Sobel Weber Associates, Inc.

Michael Sears

  • Black Fridays
  • (Penguin Putnam)
  • by Michael Sears
  • FOREIGN PUBLISHERS
    DTV: Germany
    Fanucci: Italy
    Hayakawa: Japan
    Duckworth: U.K.

     

  • Nominated for the 2013 Edgar Award for Best First Novel, the Barry Award for Best First Novel, and the International Thriller Writers Award for Best First Novel

    One of the most polished debut novels ever to come to us, BLACK FRIDAYS is an intelligent, well-paced, suspenseful novel with an unusually appealing narrator/protagonist. 

    A former top Wall Street trader who shouldered the blame for a financial scheme is emerging from a two-year prison term as we meet him. Having paid his dues, he’s now ready to get on with his life, but he’s forbidden involvement in the stock market, and his ex-wife, to whom he turned over funds for safekeeping, has run off with the money—and his young autistic son.

    As he tries to rebuild his life and reconnect with his son, a call comes from the head of an investment firm with an assignment for him—to investigate his company for possible irregularities before the government finds them.
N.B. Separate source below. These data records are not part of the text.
use digit_tuple::faults::OutOfMemory;
use std::alloc::{AllocError, AllocFailed};

/// Why the head of a command is refused. Bytes count in the command's text, from 0.
#[derive(Clone, Copy, Debug, PartialEq, Eq)]
pub enum HeadFault {
    /// No form goes on with the part that begins at this byte; or, at the text's length, the text ends too early.
    Syntax(usize),
    /// The number that begins at this byte does not fit 32 bits, signed.
    Number(usize),
    /// There was not enough memory.
    Memory,
}

impl From<AllocError> for HeadFault {
    ghost use Rattle.std.specs.Prelude.{◌≡◌};
    ghost use Rattle.command_head.specs.declared.fault.HeadFault.TheVariants.{Memory};

    ghost from_gives = { λ _ e. e ≡ Memory };

    fn from(_: AllocError) -> HeadFault {
        HeadFault::Memory
    }
}

impl<T: Drop> From<AllocFailed<T>> for HeadFault {
    ghost use Rattle.std.specs.Prelude.{◌≡◌};
    ghost use Rattle.command_head.specs.declared.fault.HeadFault.TheVariants.{Memory};

    ghost from_gives = { λ _ e. e ≡ Memory };

    fn from(_: AllocFailed<T>) -> HeadFault {
        HeadFault::Memory
    }
}

impl From<OutOfMemory> for HeadFault {
    ghost use Rattle.std.specs.Prelude.{◌≡◌};
    ghost use Rattle.command_head.specs.declared.fault.HeadFault.TheVariants.{Memory};

    ghost from_gives = { λ _ e. e ≡ Memory };

    fn from(_: OutOfMemory) -> HeadFault {
        HeadFault::Memory
    }
}
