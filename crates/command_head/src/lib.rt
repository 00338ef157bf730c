//! The heads of commands: the first word, and the parts of what follows by a grammar for each form of command: `reg`
//! over sets, `reg NAME {a,b,..} .. "R"`, or over systems, `reg NAME SYSTEM .. "R"`; a word, a name and a text,
//! `WORD NAME "TEXT"`; `promote WORD NAME`; a word and what it maps a word by, `WORD WORD NAME WORD`;
//! `convert WORD SYSTEM WORD`; `combine WORD NAME[=V] ..`; a word and names, `WORD NAME NAME ..`, `WORD NAME NAME` or
//! `WORD NAME`; `test NAME NUM ["PLACE"]`; `load NAME[.txt]`; and a word alone.
//!
//! A head is read part by part. Each function gives the parts if and only if its grammar relates them to the text
//! (`specs/Grammar.antt`), else the first fault and its byte (`HasHead` in `specs/Breaks.antt`, and for `test`
//! `HasTest` in `specs/TestBreaks.antt`, where the byte may be inside PLACE). By each grammar a text has one head or
//! one fault, apart from out of memory (`one_head`).
//!
//! The parts of a text are the same for all grammars (`parts_of` in `specs/Parts.antt`), each the longest possible: a
//! name with `=V` or `.txt` after it is one part, and so is a text in quotes. After the first word, a part that begins
//! with a letter has a blank before it. Where that is missing the part is empty, and no grammar accepts it. Only a
//! `reg`, a `combine` and a `test` have the fault `Number`, since other heads have no numbers. What is in quotes is not
//! read here, but for a PLACE (`place_text`), and whether a name or a system exists is not asked.
//!
//! `reg_parts` and `combine_parts` take texts shorter than 2^32 bytes. Not proved: time and memory.
#![tactic(auto)]

// the faults of a head
mod fault;
// what every reader needs: blanks, single bytes, and the place of a fault
mod bytes;
// how long the parts of a text are, and of which kind they are
mod parts;
// the parts of a text, one after another
mod rest;
// what a head has
mod head;
// reading a `reg` part by part
mod stage;
// the heads of `reg` commands
mod heading;
// parts that have to be of one kind
mod kinds;
// the heads of a word, a name and a text
mod named;
// the heads of commands that make a word of a morphism or of another word
mod word_heads;
// the heads of commands that combine automata
mod combining;
// the heads of commands that make a language of others
mod language_heads;
// the heads of commands about the words of an automaton
mod listing_heads;
// the heads of commands that load a file or end a run
mod run_heads;
// laws of the grammar
pub mod laws;

pub use combining::combine_parts;
pub use fault::HeadFault;
pub use head::{
    Alphabets, CombineParts, ConvertParts, ImageParts, LanguagesParts, NamedParts, PromoteParts,
    RegParts, TestParts, ValuedName,
};
pub use heading::{first_word, reg_parts};
pub use language_heads::{language_parts, languages_parts};
pub use listing_heads::{name_after, test_parts};
pub use named::named_parts;
pub use run_heads::{load_name, word_alone};
pub use word_heads::{convert_parts, image_parts, promote_parts};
The hunt leads to a trail of intrigue and deaths, and forces him to make hard choices, discovering in the process what is most important to him.

    Because the novel rang so true, we asked Michael Sears how autobiographical it was. Here is his response.
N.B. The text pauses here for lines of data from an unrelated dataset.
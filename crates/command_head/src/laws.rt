//! Laws of the grammars.
ghost use Rattle.std.specs.Prelude.{◌≡◌, ℕ, List, true};
ghost use Rattle.command_head.specs.Parts.{is_name};
ghost use Rattle.command_head.specs.Grammar.{ReadsGrammar, DerivesReg, DerivesNamed, DerivesPromote, DerivesImage, DerivesConvert, DerivesCombine, DerivesLanguages, DerivesLanguage, DerivesName, DerivesTest, DerivesLoad, DerivesAlone, ArePartsOfTexts};
ghost use Rattle.command_head.specs.Breaks.{BreaksGrammar, HasOneHead};
ghost use Rattle.command_head.specs.TestBreaks.{HasOneTest};

/// Reading a text gives the parts of a `reg` if and only if the grammar derives these parts so.
pub fn reads_grammar()
    ensures { ReadsGrammar }
{}

/// A fault is at the first part with which no head of a `reg` goes on; or at the text's length, where its parts begin a
/// head and are none. It is `Number` if and only if a number may be there, and one is there that does not fit 32 bits,
/// signed.
pub fn breaks_the_grammar()
    ensures { BreaksGrammar }
{}

/// A text has one head or one fault by a grammar, apart from out of memory.
pub fn one_head()
    ensures reg { HasOneHead DerivesReg }
    ensures named { (word : List ℕ) → HasOneHead (DerivesNamed word) }
    ensures promote { HasOneHead DerivesPromote }
    ensures image { (word : List ℕ) → HasOneHead (DerivesImage word) }
    ensures convert { HasOneHead DerivesConvert }
    ensures combine { HasOneHead DerivesCombine }
    ensures languages { (word : List ℕ) → HasOneHead (DerivesLanguages word) }
    ensures language { (word : List ℕ) → HasOneHead (DerivesLanguage word) }
    ensures name { (word : List ℕ) → HasOneHead (DerivesName word) }
    ensures test { HasOneTest }
    ensures load { HasOneHead DerivesLoad }
    ensures alone { (word : List ℕ) → HasOneHead (DerivesAlone word) }
{}

/// Parts that a grammar takes are the parts of some text, so that what is said of parts is said of texts.
pub fn parts_are_of_texts()
    ensures reg { ArePartsOfTexts DerivesReg }
    ensures named { (word : List ℕ) → is_name word ≡ true → ArePartsOfTexts (DerivesNamed word) }
    ensures promote { ArePartsOfTexts DerivesPromote }
    ensures image { (word : List ℕ) → is_name word ≡ true → ArePartsOfTexts (DerivesImage word) }
    ensures convert { ArePartsOfTexts DerivesConvert }
    ensures combine { ArePartsOfTexts DerivesCombine }
    ensures languages { (word : List ℕ) → is_name word ≡ true → ArePartsOfTexts (DerivesLanguages word) }
    ensures language { (word : List ℕ) → is_name word ≡ true → ArePartsOfTexts (DerivesLanguage word) }
    ensures name { (word : List ℕ) → is_name word ≡ true → ArePartsOfTexts (DerivesName word) }
    ensures test { ArePartsOfTexts DerivesTest }
{}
    BLACK FRIDAYS is not an autobiographical novel, but the world of Wall Street is one I know well, having worked there for over twenty years. I was a Managing Director in the bond trading and underwriting divisions of Paine Webber, and later, Jefferies & Co. Like my character, Jason Stafford, I was the first from my class at Columbia Business School to become a Managing Director. Before returning to graduate school, I supported myself in a variety of ways while pursuing a career as a professional actor working with the Shakespeare Theatre of Washington, the New Jersey Shakespeare Festival as well as in films and on television.
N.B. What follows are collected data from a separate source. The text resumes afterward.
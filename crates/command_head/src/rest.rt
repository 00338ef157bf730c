//! The parts of a text, one after another.
ghost use Rattle.std.specs.Prelude.{◌≡◌, ◌-◌, length, take};
ghost use Rattle.text_grammar.specs.declared.class.Class.TheVariants.{Blank};
ghost use Rattle.text_grammar.specs.Prefixes.{begins_in as first_in_class};
ghost use Rattle.command_head.specs.Parts.{after_blanks as rest_after_blanks, after_first, first_in as part_in, part_len as len_of_part};

use crate::bytes::{after_blanks, place};
use crate::parts::part_len;
use text_grammar::{Class, begins_in};

/// What is left of a text after some of its parts, and after the blanks after them.
#[derive(Clone, Copy)]
pub(crate) struct Rest<'a> {
    /// How many bytes the text has.
    pub(crate) whole: usize,
    /// Whether a blank is directly before what is left.
    pub(crate) blank: bool,
    /// The bytes that are left.
    pub(crate) bytes: &'a [u8],
}

/// The part that comes first in what is left of a text.
#[derive(Clone, Copy)]
pub(crate) struct FirstPart<'a> {
    /// The byte at which it begins; the text's length where nothing is left.
    pub(crate) at: usize,
    /// Its bytes: none where nothing is left, or where it begins with a letter and lacks the blank before it.
    pub(crate) bytes: &'a [u8],
    /// What is left after it.
    pub(crate) rest: Rest<'a>,
}

/// The part that comes first, whether a blank comes before it or not, and what follows it.
fn split_first(rest: &[u8]) -> (&[u8], &[u8])
    ensures part { result.0.now ≡ take (len_of_part rest.now) rest.now }
    ensures suffix { result.1.now ≡ after_first rest.now }
{
    let len = if rest.is_empty() { 0 } else { part_len(rest) };
    rest.split_at(len)
}

/// What is left of a text of `whole` bytes where these come after a part.
pub(crate) fn rest_of(whole: usize, suffix: &[u8]) -> Rest<'_>
    ensures whole { result.whole ≡ whole }
    ensures blank { result.blank ≡ first_in_class Blank suffix.now }
    ensures bytes { result.bytes.now ≡ rest_after_blanks suffix.now }
{
    Rest {
        whole,
        blank: begins_in(Class::Blank, suffix),
        bytes: after_blanks(suffix),
    }
}

impl<'a> Rest<'a> {
    /// The part that comes first.
    #[tactic(auto, unfolding(crate::specs::Parts::first_in))]
    pub(crate) fn first_part(self) -> FirstPart<'a>
        ensures at { result.at ≡ self.entry.whole - length self.entry.bytes.now }
        ensures bytes { result.bytes.now ≡ part_in self.entry.blank self.entry.bytes.now }
        ensures whole { result.rest.whole ≡ self.entry.whole }
        ensures blank { result.rest.blank ≡ first_in_class Blank (after_first self.entry.bytes.now) }
        ensures rest { result.rest.bytes.now ≡ rest_after_blanks (after_first self.entry.bytes.now) }
    {
        let (part, suffix) = split_first(self.bytes);
        let rest = rest_of(self.whole, suffix);
        let lacks_blank = begins_in(Class::Letter, self.bytes) && !self.blank;
        FirstPart {
            at: place(self.whole, self.bytes),
            bytes: if lacks_blank { &part[..0] } else { part },
            rest,
        }
    }
}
    The story of BLACK FRIDAYS comes from two sources. The scam described is similar to a conspiracy uncovered by the FBI about ten years ago, code-named Operation Wooden Nickel. I followed the press coverage closely at the time as I knew some of the players involved. The temptations that Jason succumbs to, and that drag down other characters in the book, are well known to me.

    The story of Jason and his autistic son is also tangentially personal. I have a cousin with an autistic child, and another with Asperger’s Syndrome – a related malady. Latest figures indicate that 1 in 70 male children are now being diagnosed with conditions on the autism spectrum. It is an epidemic which will soon touch all of us in some way. In the eighteen months I spent researching and writing the book, I developed a great understanding of and empathy for the life of a parent to an autistic child.